A deep dive into why transparency is becoming essential for enterprise AI. Learn how hidden logic and black-box systems increase risk, how CIOs are addressing auditability and compliance, and how to get fully traceable, secure AI automation.
At the Gartner IT Symposium in Barcelona, one question surfaced again and again across CIO conversations: How do we trust AI when we can’t see how it works?
To make that tension visible, Frends brought a simple but provocative activation to the event: Black Box Jenga. A tall, simple structure built from light wooden blocks stood in the booth. A black box placed on top, just two holes on opposite sides facing each other. Hands reached inside, attempting to move pieces while keeping the tower from collapsing.
Every piece and uncertain movement represented the undocumented logic, hidden decisions, opaque security assumptions, third-party dependencies no one can inspect.
Each pull made the tower less stable. Each unknown made the system harder to trust.
And that was the point. Many enterprises are unknowingly building their integration and AI strategies on similar structures: powerful, promising, but ultimately opaque. The more they rely on black-box components, the higher the risk of collapse.
The Gartner Symposium underscored this reality. AI is advancing at extraordinary speed. Adoption is accelerating. But organizations are struggling to audit, explain and govern the systems they are increasingly dependent on.

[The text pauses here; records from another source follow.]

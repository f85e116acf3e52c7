//! The forms of lines as they are written in docs/REFERENCE.md.

use gs_script::{PolicyForm, PolicyWord};
use std::alloc::AllocError;
use std::fmt::Write;

/// The first words of lines that say an event.
pub(crate) const EVENTS: [&str; 23] = [
    "create", "block", "wake", "yield", "die", "affinity", "take", "give", "tick", "handoff",
    "crash", "leave", "begin", "page", "activate", "drain", "stamp", "decide", "commit", "late",
    "view", "state", "unread",
];

/// The form of a line.
#[derive(Clone, Copy)]
pub(crate) struct LineForm {
    front: &'static str,
    /// What stands before the words of a policy, where such words may stand behind the others.
    before_policy: Option<&'static str>,
}

/// The header of a script.
pub(crate) const HEADER: LineForm = LineForm {
    front: "cpus C ring B [first-tseq N] [first-gen N] [history N]",
    before_policy: Some("policy "),
};

/// What begins an agent.
const BEGIN: LineForm = LineForm {
    front: "begin",
    before_policy: Some(""),
};

/// Returns the words of the line that begins with this word, if no policy is named in it.
fn plain_text(first: &str) -> Option<&'static str> {
    match first {
        "create" => Some("create M CLASS R NAME"),
        "block" => Some("block T"),
        "wake" => Some("wake T"),
        "yield" => Some("yield T"),
        "die" => Some("die T"),
        "affinity" => Some("affinity T M"),
        "take" => Some("take C"),
        "give" => Some("give C"),
        "tick" => Some("tick C"),
        "handoff" => Some("handoff C"),
        "crash" => Some("crash"),
        "leave" => Some("leave"),
        "page" => Some("page N"),
        "activate" => Some("activate C"),
        "drain" => Some("drain N"),
        "stamp" => Some("stamp C T [p | g | pg]"),
        "decide" => Some("decide"),
        "commit" => Some("commit M"),
        "late" => Some("late N"),
        "view" => Some("view"),
        "state" => Some("state"),
        "unread" => Some("unread"),
        _ => None,
    }
}

/// Returns the form of the line that begins with this word, if any does.
pub(crate) fn line_form(first: &str) -> Option<LineForm> {
    match first {
        "cpus" => Some(HEADER),
        "begin" => Some(BEGIN),
        _ => {
            let front = plain_text(first)?;
            Some(LineForm {
                front,
                before_policy: None,
            })
        }
    }
}

/// Writes the forms of words that name a policy, each behind the same text: one of them may stand there.
fn write_policies(
    text: &mut String,
    before: &str,
    policies: &[&[PolicyWord]],
) -> Result<(), AllocError> {
    text.push_str(" [")?;
    for (place, form) in policies.iter().enumerate() {
        text.push_str(if place == 0 { "" } else { " | " })?;
        text.push_str(before)?;
        write!(text, "{}", PolicyForm { words: form })?;
    }
    text.push(']')
}

impl LineForm {
    /// Writes the form, where these are the forms of the words that name a policy.
    pub(crate) fn write(
        self,
        text: &mut String,
        policies: &[&[PolicyWord]],
    ) -> Result<(), AllocError> {
        text.push_str(self.front)?;
        match self.before_policy {
            Some(before) => write_policies(text, before, policies),
            None => Ok(()),
        }
    }
}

The Symposium theme of “human readiness” sharply connects to this: leaders cannot be ready for AI if they cannot see inside the systems they deploy.
The cost of opacity in enterprise AI
Black-box AI creates friction across the entire organization. When logic is hidden, IT teams can't validate outputs. Security leaders can't verify compliance. Developers can't understand model behavior. And business owners don’t know whether the automation they’re approving meets internal and regulatory standards.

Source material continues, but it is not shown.